Algo tiene el verano que al pronunciar su nombre es como si el aire se llenase de una mística especial que renovase la promesa de vivir una época incomparable.
No sé qué es lo que hace el verano con la vida y con la gente pero nos llena y nos empuja a florecer, nos arrastra afuera, a poblar las terrazas y los parques.
Nos precipita hacia ese primer trago de cerveza helada que refuerza la idea de que el verano se parece a la vida, y la vida es precisamente la libertad que se paladea en ese efímero instante.
El verano era aquello que pasaba cuando el tiempo formaba parte de lo incontable; cuando todo sucedía en la calle, cuando la distancia se medía en pedaladas de bicicleta y los días se contaban en helados al sol, en piedras sobre las que saltar para poder cruzar al otro lado del río y en olas rompiendo en el mar mientras alguien muy querido te arropaba con una toalla en la arena.

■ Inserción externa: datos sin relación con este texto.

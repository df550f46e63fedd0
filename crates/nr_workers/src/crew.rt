//! The threads of workers.

ghost use Rattle.std.specs.Prelude.{◌≡◌, ℕ, IfOk, length, vec_len, box_value};
ghost use Rattle.std.specs.Thread.{IsSend};
ghost use Rattle.nr_workers.specs.Stages.{IsWorkerOf};
ghost use Rattle.nr_workers.specs.Shards.{AreWorkers};
ghost use Rattle.nr_workers.specs.Each.{Each, Keeps};
ghost use Rattle.nr_workers.specs.Crew.{IsStartedAs};

use crate::gate::Gate;
use crate::steps::{Turn, make_turn};
use crate::worker::Worker;
use nr_exchange::{Exchange, Serial};
use nr_overlap::Phases;
use std::alloc::{AllocError, Global};
use std::snapshot::Snapshot;
use std::sync::Wait;
use std::sync::atomic::{AtomicBool, Ordering};
use std::thread;
use std::thread::{Promise, PromisedHandle, Scope, Threads};

/// How many steps a thread's worker makes in one turn. What it has in hand is moved once a turn.
const STEPS: u32 = 64;

/// What the workers of a run need.
#[derive(Drop)]
pub(crate) struct Run<'r, R: Wait, P: Phases, G: Gate> {
    pub rt: &'r R,
    pub alloc: Global,
    pub phases: &'r P,
    pub exchange: &'r Exchange<Serial<P>>,
    pub gate: &'r G,
}

/// Runs a worker until it has nothing more to do.
fn work<R: Wait, P: Phases, G: Gate>(
    run: &Run<R, P, G>,
    mut worker: Box<Worker<P>>,
) -> Box<Worker<P>>
    requires run { run.now.phases.now ≡ run.now.exchange.now.run.0 }
    requires sound { (s : ℕ) × IsWorkerOf P.rules run.now.exchange.now s (box_value worker) }
    ensures { Keeps (IsWorkerOf P.rules run.now.exchange.now) (box_value worker) (box_value result) }
{
    for _ in run.rt.forever() {
        match make_turn(
            run.alloc,
            run.phases,
            run.exchange,
            run.gate,
            STEPS,
            &mut worker,
        ) {
            Turn::Moved => {}
            Turn::Waits => thread::yield_now(),
            Turn::Done | Turn::Failed => break,
        }
    }
    worker
}

/// A thread's promise to give back the worker of a shard.
#[derive(Drop)]
pub(crate) struct GivesBack<P: Phases> {
    exchange: Snapshot<Exchange<Serial<P>>>,
    shard: usize,
}

impl<P: Phases> Promise<Box<Worker<P>>> for GivesBack<P> {
    ghost use Rattle.std.specs.Prelude.{box_value};
    ghost use Rattle.nr_workers.specs.Stages.{IsWorkerOf};

    ghost kept_by = { λ p w. IsWorkerOf P.rules p.exchange.value p.shard (box_value w) };
}

/// A worker in a thread of its own, or one for which none could be started.
#[derive(Drop)]
pub(crate) enum Started<P: Phases> {
    Thread(PromisedHandle<Box<Worker<P>>, GivesBack<P>>),
    Here(Box<Worker<P>>),
}

/// What a function gives.
fn call<T, F: FnOnce() -> T>(f: F) -> T
    requires { F.pre f }
    ensures { F.post f result }
{
    f()
}

/// Starts the worker of a shard in a thread. Where none can be started the worker stays here. The flag is this
/// worker's own.
fn start<'s, E, R: Wait + Sync, P: Phases + Sync, G: Gate + Sync>(
    scope: &Scope<'s, E>,
    run: &'s Run<'s, R, P, G>,
    stays: &'s AtomicBool,
    shard: usize,
    worker: Box<Worker<P>>,
) -> Started<P>
    requires run { run.now.phases.now ≡ run.now.exchange.now.run.0 }
    requires sound { IsWorkerOf P.rules run.now.exchange.now shard (box_value worker) }
    ensures { IsStartedAs P.rules run.entry.now.exchange.now shard result }
{
    let promise = GivesBack {
        exchange: Snapshot::of(run.exchange),
        shard,
    };
    match scope.spawn_with(
        promise,
        move || -> Box<Worker<P>>
            requires send { IsSend P.World.row × IsSend P.Working.row × IsSend P.Parcel.row × IsSend P.Report.row }
            requires run { run.now.phases.now ≡ run.now.exchange.now.run.0 }
            requires sound { IsWorkerOf P.rules run.now.exchange.now shard (box_value worker) }
            ensures { IsWorkerOf P.rules run.entry.now.exchange.now shard (box_value result) }
        {
            let _shard = shard;
            if stays.load(Ordering::SeqCst) {
                worker
            } else {
                work(run, worker)
            }
        },
    ) {
        Ok(handle) => Started::Thread(handle),
        Err(refused) => {
            stays.store(true, Ordering::SeqCst);
            Started::Here(call(refused.value))
        }
    }
}

/// Starts all workers. Nothing can fail once a thread runs, since the others may wait for each worker.
fn start_all<'s, E, R: Wait + Sync, P: Phases + Sync, G: Gate + Sync>(
    scope: &Scope<'s, E>,
    run: &'s Run<'s, R, P, G>,
    flags: &'s [AtomicBool],
    workers: Vec<Box<Worker<P>>>,
) -> Result<Vec<Started<P>>, AllocError>
    requires run { run.now.phases.now ≡ run.now.exchange.now.run.0 }
    requires sound { AreWorkers P.rules run.now.exchange.now workers.items }
    requires flags { length flags.now ≡ vec_len workers }
    ensures sound { IfOk result (λ started. Each (IsStartedAs P.rules run.entry.now.exchange.now) started.items) }
    ensures all { IfOk result (λ started. vec_len started ≡ vec_len workers) }
{
    let mut started = Vec::with_capacity(run.alloc, workers.len())?;
    let mut rest = workers.into_iter();
    while let Some(worker) = rest.next() {
        let shard = started.len();
        started.push_reserved(start(scope, run, &flags[shard], shard, worker));
    }
    Ok(started)
}

/// Makes a step of a worker that has no thread. The answer is whether it goes on.
fn step_here<R: Wait, P: Phases, G: Gate>(run: &Run<R, P, G>, started: &mut Started<P>) -> bool
    requires run { run.now.phases.now ≡ run.now.exchange.now.run.0 }
    requires sound { (s : ℕ) × IsStartedAs P.rules run.now.exchange.now s started.old }
    ensures { Keeps (IsStartedAs P.rules run.now.exchange.now) started.old started.new }
{
    match started {
        Started::Thread(_) => false,
        Started::Here(worker) => {
            match make_turn(run.alloc, run.phases, run.exchange, run.gate, 1, worker) {
                Turn::Moved | Turn::Waits => true,
                Turn::Done | Turn::Failed => false,
            }
        }
    }
}

/// Makes a step of each worker that has no thread. The answer is whether one goes on.
fn step_each<R: Wait, P: Phases, G: Gate>(run: &Run<R, P, G>, started: &mut Vec<Started<P>>) -> bool
    requires run { run.now.phases.now ≡ run.now.exchange.now.run.0 }
    requires sound { Each (IsStartedAs P.rules run.now.exchange.now) started.old.items }
    ensures sound { Each (IsStartedAs P.rules run.now.exchange.now) started.new.items }
    ensures all { vec_len started.new ≡ vec_len started.old }
{
    let mut goes_on = false;
    for i in 0..started.len() {
        if step_here(run, &mut started[i]) {
            goes_on = true;
        }
    }
    goes_on
}

/// Runs the workers that have no thread, in turns, until none of them has anything more to do.
fn run_in_turns<R: Wait, P: Phases, G: Gate>(run: &Run<R, P, G>, started: &mut Vec<Started<P>>)
    requires run { run.now.phases.now ≡ run.now.exchange.now.run.0 }
    requires sound { Each (IsStartedAs P.rules run.now.exchange.now) started.old.items }
    ensures sound { Each (IsStartedAs P.rules run.now.exchange.now) started.new.items }
    ensures all { vec_len started.new ≡ vec_len started.old }
{
    for _ in run.rt.forever() {
        if !step_each(run, started) {
            break;
        }
        thread::yield_now();
    }
}

/// Waits for a worker's thread, if it has one.
fn join<R: Threads, P: Phases>(
    rt: &R,
    exchange: &Exchange<Serial<P>>,
    started: Started<P>,
) -> Box<Worker<P>>
    requires { (s : ℕ) × IsStartedAs P.rules exchange.now s started }
    ensures { (s : ℕ) → IsStartedAs P.rules exchange.now s started
        → IsWorkerOf P.rules exchange.now s (box_value result) }
{
    let _exchange = exchange;
    match started {
        Started::Thread(handle) => handle.join(rt),
        Started::Here(worker) => worker,
    }
}

/// Waits for all threads, and gives the workers in order.
fn join_all<R: Threads, P: Phases>(
    rt: &R,
    alloc: Global,
    exchange: &Exchange<Serial<P>>,
    started: Vec<Started<P>>,
) -> Result<Vec<Box<Worker<P>>>, AllocError>
    requires { Each (IsStartedAs P.rules exchange.now) started.items }
    ensures sound { IfOk result (λ workers. AreWorkers P.rules exchange.now workers.items) }
    ensures all { IfOk result (λ workers. vec_len workers ≡ vec_len started) }
{
    let mut workers = Vec::new(alloc);
    let mut rest = started.into_iter();
    while let Some(one) = rest.next() {
        workers.push(join(rt, exchange, one))?;
    }
    Ok(workers)
}

/// Runs all workers until none has anything more to do, and gives them back in order. Those for which no thread can be
/// started are run here, in turns.
pub(crate) fn run_all<'s, E, R: Threads + Wait + Sync, P: Phases + Sync, G: Gate + Sync>(
    scope: &Scope<'s, E>,
    run: &'s Run<'s, R, P, G>,
    flags: &'s [AtomicBool],
    workers: Vec<Box<Worker<P>>>,
) -> Result<Vec<Box<Worker<P>>>, AllocError>
    requires run { run.now.phases.now ≡ run.now.exchange.now.run.0 }
    requires sound { AreWorkers P.rules run.now.exchange.now workers.items }
    requires flags { length flags.now ≡ vec_len workers }
    ensures sound { IfOk result (λ ended. AreWorkers P.rules run.entry.now.exchange.now ended.items) }
    ensures all { IfOk result (λ ended. vec_len ended ≡ vec_len workers) }
{
    let mut started = start_all(scope, run, flags, workers)?;
    run_in_turns(run, &mut started);
    join_all(run.rt, run.alloc, run.exchange, started)
}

El verano fue siempre un síntoma de esperanza, de que algo mejor, más grande e inolvidable estaba por venir para hacer empequeñecer al anterior.
Me pregunto en qué momento el verano dejó de ser lo que una vez fue; tal vez sea el hecho de que ya no tengo bicicleta, que los días se cuentan cada vez más con los dedos y menos con el corazón o que, simplemente, se cansó de intentar superarse a sí mismo.
Pero si hay algo que el tiempo no ha conseguido arrebatarle es el embriagador perfume de la brisa mientras cae la luz roja, naranja y amarilla con la que viste el mundo durante todas y cada una de sus tardes y noches infinitas.
Y mientras así sea, nos resultará muy difícil no soñar con renovar nuestra promesa, aunque nos sorprenda un poco menos niños, un poco menos libres, o ingenuos, un poco más solos y, quizá también, un poco menos felices.
Pero nos sorprenderá, a pesar de todo, siempre que le concedamos el permiso para hacerlo. Un año, y otro después del anterior. Porque el verano siempre tiene el poder de hacer algo especial con el aire y con la esperanza.